WHAT YOU NEED TO DO
Print the first line of the records below and every line after it, up to and including the line with "const REFUSED: &[Case]". Print nothing else.

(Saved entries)

________

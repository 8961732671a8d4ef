//! The windows of the output, read one by one from bottom to top, where there is a popup.

use crate::parts::{Case, Part};
use crate::support::{COMMIT_14, DETACH_14, missed_after_toplevel};
use test_rows::rows::Row;
use wl_session::ShownWindow;

/// The window of the toplevel.
const TOPLEVEL: ShownWindow = ShownWindow {
    client: 1,
    surface: 6,
    x: 0,
    y: 0,
    width: 40,
    height: 40,
};

/// That of the popup, at the lower right corner of it.
const MENU: ShownWindow = ShownWindow {
    client: 1,
    surface: 14,
    x: 40,
    y: 40,
    width: 8,
    height: 8,
};

const ALONE: &[Row] = &[Row::Stacked(&[TOPLEVEL])];

const WITH_MENU: &[Row] = &[Row::Stacked(&[TOPLEVEL, MENU])];

const MENU_UNMAPS: &[Row] = &[
    Row::Sends(DETACH_14),
    Row::Sends(COMMIT_14),
    Row::Stacked(&[TOPLEVEL]),
];

/// Each begins with a toplevel that was painted.
const CASES: &[Case] = &[(
    "a popup",
    &[
        Part::Surface,
        Part::Positioner,
        Part::Popup,
        Part::Own(ALONE),
        Part::PopupMaps,
        Part::Own(WITH_MENU),
        Part::Own(MENU_UNMAPS),
    ],
)];

#[test]
fn a_popup_is_above_its_parent(rt: HostRuntime) {
    assert_eq!(rt; missed_after_toplevel(rt.alloc(), CASES), None);
}
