/// 64 configures wait, and there is no room for another, whatever the positioner.
const CONFIGURE_65: &[Row] = &[
    Row::Changes(32, REPOSITION_77, REPOSITION_78),
    Row::Takes,
    Row::Sends(Ask::CreatePositioner(5, 19)),
    Row::Errs(Ask::Reposition(17, 19, 1), 1, 3),
    Row::ErrorTold(1, 3, b"implementation"),
];

const REFUSED: &[Case] = &[
    (
        "by an incomplete positioner",
        &[Part::Popup, Part::GreenPopup, Part::Own(INCOMPLETE)],
    ),
    (
        "before its first commit",
        &[Part::Own(&[Row::Sends(GET_POPUP)]), Part::Own(INCOMPLETE)],
    ),
    (
        "at most 64 configures wait",
        &[Part::Popup, Part::GreenPopup, Part::Own(CONFIGURE_65)],
    ),
];

#[test]
fn repositions_are_refused_as_worked(rt: HostRuntime) {
    assert_eq!(rt; missed(rt.alloc(), REFUSED), None);
}

/// The xdg_wm_base 5 at version 2.
const GLOBALS_2: &[Row] = &[
    Row::Binds(1, Interface::Compositor, 4, 3, Fed::Alive),
    Row::Binds(3, Interface::Shm, 1, 4, Fed::Alive),
    Row::Binds(6, Interface::WmBase, 2, 5, Fed::Alive),
    Row::Takes,
];

/// No popup of an earlier version is placed anew, and no positioner has the requests of a reactive
/// one.
const NO_REPOSITION: &[Row] = &[
    Row::Sends(GET_POPUP),
    Row::Errs(REPOSITION_77, 1, 1),
    Row::ErrorTold(1, 1, b"invalid_method"),
];

const NOT_REACTIVE: &[Row] = &[
    Row::Errs(Ask::SetReactive(16), 1, 1),
    Row::ErrorTold(1, 1, b"invalid_method"),
];

const EARLIER: &[Case] = &[
    (
        "at version 1",
        &[
            Part::Own(GLOBALS),
            Part::Own(MADE),
            Part::Surface,
            Part::Positioner,
            Part::Own(NO_REPOSITION),
        ],
    ),
    (
        "at version 2",
        &[
            Part::Own(GLOBALS_2),
            Part::Own(MADE),
            Part::Surface,
            Part::Positioner,
            Part::Own(NO_REPOSITION),
        ],
    ),
    (
        "set_reactive at version 2",
        &[
            Part::Own(GLOBALS_2),
            Part::Own(MADE),
            Part::Surface,
            Part::Positioner,
            Part::Own(NOT_REACTIVE),
        ],
    ),
];

/// The first of the cases that isn't as wanted after the registry was told, and what wasn't.
fn missed_after_registry(alloc: Global, cases: &[Case]) -> Option<(usize, Fault)> {
    first_missed(alloc, &[REGISTRY], cases)
}

#[test]
fn earlier_versions_place_no_popup_anew(rt: HostRuntime) {
    assert_eq!(rt; missed_after_registry(rt.alloc(), EARLIER), None);
}

/// The surface 22 with its xdg_surface 23 has the popup 24 on the popup 17, and shows the buffer 25
/// of 4 by 4 red pixels at (32, 32).
const SUBMENU: &[Row] = &[
    Row::Sends(Ask::CreateSurface(3, 22)),
    Row::Sends(Ask::GetXdgSurface(5, 23, 22)),
    Row::Sends(Ask::GetPopup(23, 24, 15, 21)),
    Row::Sends(COMMIT_22),
    Row::Takes,
    Row::Sends(Ask::AckConfigure(23, 3)),
    Row::Sends(Ask::CreateBuffer(9, 25, 6400, 4, 4, 16, 1)),
    Row::Sends(ATTACH_25),
    Row::Sends(COMMIT_22),
    Row::Silent(1),
    Row::Shows(
        16,
        16,
        &[
            Pixel(32, 32, 0, 255, 0),
            Pixel(35, 35, 0, 255, 0),
            Pixel(36, 36, 255, 0, 0),
        ],
    ),
];

/// As its parent is placed anew a submenu goes along. Their two windows are painted where they were
/// and where they are, and no other points. 16 of these points are the same.
const BOTH_MOVE: &[Row] = &[
    Row::Sends(OFFSET_8),
    Row::Accepts(
        REPOSITION_77,
        &[REPOSITIONED_77, AT_32, Event::Configure(15, 4)],
    ),
    Row::Sends(ACK_4),
    Row::Paints(0, 0),
    Row::Sends(COMMIT_14),
    Row::Silent(1),
    Row::Shows(
        144,
        144,
        &[
            Pixel(23, 23, 255, 0, 0),
            Pixel(24, 24, 0, 255, 0),
            Pixel(27, 27, 0, 255, 0),
            Pixel(28, 28, 255, 0, 0),
            Pixel(32, 32, 0, 255, 0),
            Pixel(39, 39, 0, 255, 0),
            Pixel(40, 40, 0, 0, 0),
        ],
    ),
];

/// A submenu that is placed anew moves alone, by its parent's place.
const SUBMENU_MOVES: &[Row] = &[
    Row::Sends(Ask::SetOffset(21, -16, -8)),
    Row::Accepts(
        Ask::Reposition(24, 21, 0),
        &[
            Event::Repositioned(24, 0),
            Event::PopupConfigure(24, -16, -8, 4, 4),
            Event::Configure(23, 4),
        ],
    ),
    Row::Sends(Ask::AckConfigure(23, 4)),
    Row::Sends(COMMIT_22),
    Row::Shows(
        32,
        32,
        &[
            Pixel(24, 32, 0, 255, 0),
            Pixel(27, 35, 0, 255, 0),
            Pixel(32, 32, 255, 0, 0),
        ],
    ),
];

const SUBMENUS: &[Case] = &[
    (
        "a submenu goes along",
        &[
            Part::Popup,
            Part::GreenPopup,
            Part::Positioner21,
            Part::Own(SUBMENU),
            Part::Own(BOTH_MOVE),
        ],
    ),
    (
        "a submenu moves alone",
        &[
            Part::Popup,
            Part::GreenPopup,
            Part::Positioner21,
            Part::Own(SUBMENU),
            Part::Own(SUBMENU_MOVES),
        ],
    ),
];

#[test]
fn submenus_go_along(rt: HostRuntime) {
    assert_eq!(rt; missed(rt.alloc(), SUBMENUS), None);
}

________

WRITTEN SOLUTION
repository 8961732671a8d4ef
//! The windows of the output, read one by one from bottom to top, where there is a popup.

use crate::parts::{Case, Part};
use crate::support::{COMMIT_14, DETACH_14, missed_after_toplevel};
use test_rows::rows::Row;
use wl_session::ShownWindow;

/// The window of the toplevel.
const TOPLEVEL: ShownWindow = ShownWindow {
    client: 1,
    surface: 6,
    x: 0,
    y: 0,
    width: 40,
    height: 40,
};

/// That of the popup, at the lower right corner of it.
const MENU: ShownWindow = ShownWindow {
    client: 1,
    surface: 14,
    x: 40,
    y: 40,
    width: 8,
    height: 8,
};

const ALONE: &[Row] = &[Row::Stacked(&[TOPLEVEL])];

const WITH_MENU: &[Row] = &[Row::Stacked(&[TOPLEVEL, MENU])];

const MENU_UNMAPS: &[Row] = &[
    Row::Sends(DETACH_14),
    Row::Sends(COMMIT_14),
    Row::Stacked(&[TOPLEVEL]),
];

/// Each begins with a toplevel that was painted.
const CASES: &[Case] = &[(
    "a popup",
    &[
        Part::Surface,
        Part::Positioner,
        Part::Popup,
        Part::Own(ALONE),
        Part::PopupMaps,
        Part::Own(WITH_MENU),
        Part::Own(MENU_UNMAPS),
    ],
)];

#[test]
fn a_popup_is_above_its_parent(rt: HostRuntime) {
    assert_eq!(rt; missed_after_toplevel(rt.alloc(), CASES), None);
}
/// 64 configures wait, and there is no room for another, whatever the positioner.
const CONFIGURE_65: &[Row] = &[
    Row::Changes(32, REPOSITION_77, REPOSITION_78),
    Row::Takes,
    Row::Sends(Ask::CreatePositioner(5, 19)),
    Row::Errs(Ask::Reposition(17, 19, 1), 1, 3),
    Row::ErrorTold(1, 3, b"implementation"),
];

const REFUSED: &[Case] = &[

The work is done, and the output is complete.